Back in November, I talked with BenefitsPro.com reporter Paula Aven Gladych about some of the trends we were seeing with companies adding a financial wellness component to their existing wellness programs. Last year we saw more in this space than in any other type of financial education program, with over 80 percent of inquires specifically for these type of programs.
This could be the result of employers feeling the impact of employees’ financial stress on HR and company-wide initiatives as employees endure a bumpy economic recovery. A recent SHRM study found that 83 percent of HR professionals felt their employees’ personal financial issues affected them in some way at work.
But whether a company’s financial wellness program actually reduces costs to their bottom line is what ultimately determines whether it’s an effective strategy. Recently, one of our largest Fortune 500 clients evaluated their own financial wellness program to determine if it was actually achieving results.
The company followed many of the best practices imperative to achieving success (which I’ll talk more about next column) and found that their program saved the company significantly across multiple HR initiatives including cutting absenteeism, reducing turnover, boosting employee pay and benefits satisfaction, reducing health care costs, and reducing the risks of having employees who cannot retire when they want to. Here is a quick overview of the three key findings from their research:
1.) Reduced health care costs
The company saw savings of 21.57 percent for heavy users of its financial wellness program versus 4.19 percent for non users. In its first issue of Research Works, the Partnership for Workplace Mental Health cites several surveys that show financial stress as a leading cause of stress for employees. By reducing the number one cause of stress for employees, the company was able to reduce health care costs associated with stress-caused illnesses.

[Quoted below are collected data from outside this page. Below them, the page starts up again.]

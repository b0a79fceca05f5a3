//! The text of the report.
ghost use Rattle.std.specs.Prelude.{IfOk, IfErr, IfSome};
ghost use Rattle.fx_outside.specs.Host.{ReadsOnly};
ghost use Rattle.fx_inputs.specs.Inputs.{HasInputs};
ghost use Rattle.fx_words.specs.JobOf.{asked_audit};
ghost use Rattle.fx_commands.specs.Audits.Rows.{AuditAsks, AuditEndsAs, HasReport};

use fx_command::{Status, TextFault, read_text};
use fx_outside::Host;
use fx_words::AuditJob;
use std::alloc::Global;

/// How many bytes a report may have.
pub const REPORT_LIMIT: usize = 268_435_456;

/// The place of REPORT among the words, the command being 0.
pub const REPORT_WORD: u32 = 3;

/// Reads the report, after what a run reads.
pub(crate) fn read_report<H: Host>(
    alloc: Global,
    job: &AuditJob,
    host: &mut H,
) -> Result<Vec<u8>, Status>
    requires { IfSome (H.view host.old).told (λ t. HasInputs t (asked_audit job.now).inputs) }
    ensures read { IfOk result (λ bytes. IfSome (H.view host.old).told
        (λ t. HasReport t (asked_audit job.now) bytes.items)) }
    ensures same { ReadsOnly (H.view host.old) (H.view host.new) }
    ensures fit { AuditAsks (asked_audit job.now) (H.view host.old) (H.view host.new) }
    ensures ends { IfErr result
        (AuditEndsAs (asked_audit job.now) (H.view host.old) (H.view host.new)) }
{
    let bytes = read_text(alloc, host, job.report, REPORT_LIMIT as u64)?;
    if bytes.len() > REPORT_LIMIT {
        return Err(Status::TextRefused {
            word: REPORT_WORD,
            cause: TextFault::TooLarge,
        });
    }
    Ok(bytes)
}
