//! The command `audit`.
ghost use Rattle.std.specs.Prelude.{IfOk, IfErr, IfSome};
ghost use Rattle.fx_outside.specs.Host.{ReadsOnly};
ghost use Rattle.fx_spec.specs.Bases.{base_tree};
ghost use Rattle.fx_command.specs.StatusOf.{status_of};
ghost use Rattle.fx_inputs.specs.Inputs.{HasBase};
ghost use Rattle.fx_words.specs.JobOf.{asked_audit, AreInputs};
ghost use Rattle.fx_commands.specs.Audits.Rows.{AuditRow, AuditEndsAs, AuditAsks, IsAuditing};

use crate::auditing::line::verdict_line;
use crate::auditing::reading::read_report;
use fx_command::{Status, print_all};
use fx_inputs::read_base;
use fx_outside::{Host, Sink};
use fx_spec::Base;
use fx_words::AuditJob;
use std::alloc::Global;
use std::sync::Arc;
use std::thread::Threads;

/// The line that tells the verdict on the report, for a base that is read.
fn line_by<H: Host>(
    alloc: Global,
    job: &AuditJob,
    base: Arc<Base>,
    host: &mut H,
) -> Result<Vec<u8>, Status>
    requires { IfSome (H.view host.old).told
        (λ t. HasBase t (asked_audit job.now).inputs (base_tree base.value)) }
    ensures said { IfOk result (λ line. IfSome (H.view host.old).told
        (λ t. IsAuditing t (asked_audit job.now) line.items)) }
    ensures same { ReadsOnly (H.view host.old) (H.view host.new) }
    ensures fit { AuditAsks (asked_audit job.now) (H.view host.old) (H.view host.new) }
    ensures ends { IfErr result
        (AuditEndsAs (asked_audit job.now) (H.view host.old) (H.view host.new)) }
{
    let bytes = match read_report(alloc, job, host) {
        Ok(bytes) => bytes,
        Err(status) => {
            Base::let_go(base);
            return Err(status);
        }
    };
    let verdict = fx_audit::audit(alloc, base, &bytes)?;
    let line = verdict_line(alloc, verdict)?;
    Ok(line)
}

/// The line that tells the verdict on the report.
fn line_of<R: Threads, H: Host>(
    rt: &R,
    alloc: Global,
    job: &AuditJob,
    host: &mut H,
) -> Result<Vec<u8>, Status>
    requires { AreInputs job.now.inputs }
    ensures said { IfOk result (λ line. IfSome (H.view host.old).told
        (λ t. IsAuditing t (asked_audit job.now) line.items)) }
    ensures same { ReadsOnly (H.view host.old) (H.view host.new) }
    ensures fit { AuditAsks (asked_audit job.now) (H.view host.old) (H.view host.new) }
    ensures ends { IfErr result
        (AuditEndsAs (asked_audit job.now) (H.view host.old) (H.view host.new)) }
{
    let base = read_base(rt, alloc, &job.inputs, host)?;
    line_by(alloc, job, base, host)
}

/// Prints the verdict on the text at REPORT, as the report of a run of what SPEC, FOLDER and the scripts stand for. It ends
/// alike for every verdict.
pub fn audit<R: Threads, H: Host, S: Sink>(
    rt: &R,
    alloc: Global,
    job: &AuditJob,
    host: &mut H,
    out: &mut S,
) -> Result<(), Status>
    requires { AreInputs job.now.inputs }
    ensures row { AuditRow (asked_audit job.now) (H.view host.old) (H.view host.new)
        (S.view out.old) (S.view out.new) (status_of result) }
    ensures fit { AuditAsks (asked_audit job.now) (H.view host.old) (H.view host.new) }
{
    let line = line_of(rt, alloc, job, host)?;
    print_all(out, &line)?;
    Ok(())
}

2.) Increased retirement plan participation and deferral rates
The company found that the more interactions an employee had with the education, the more they saved on average in their 401(k) plan. Participants who had one interaction on average deferred around 5.77 percent in their plan, but those who had five or more interactions deferred an average of 11 percent. This in turn reduces the company’s risks of having employees who cannot meet retirement income goals due to not having saved enough.
3.) Improved employee financial management
The most important aspect to any wellness program—whether it is physical or financial—is behavioral change. Do employees actually improve their behaviors as a result of the program? The company found that over the course of two years, employees made improvements in major areas of financial management including reducing debt, saving more for retirement, managing their day-to-day finances better and establishing an emergency fund.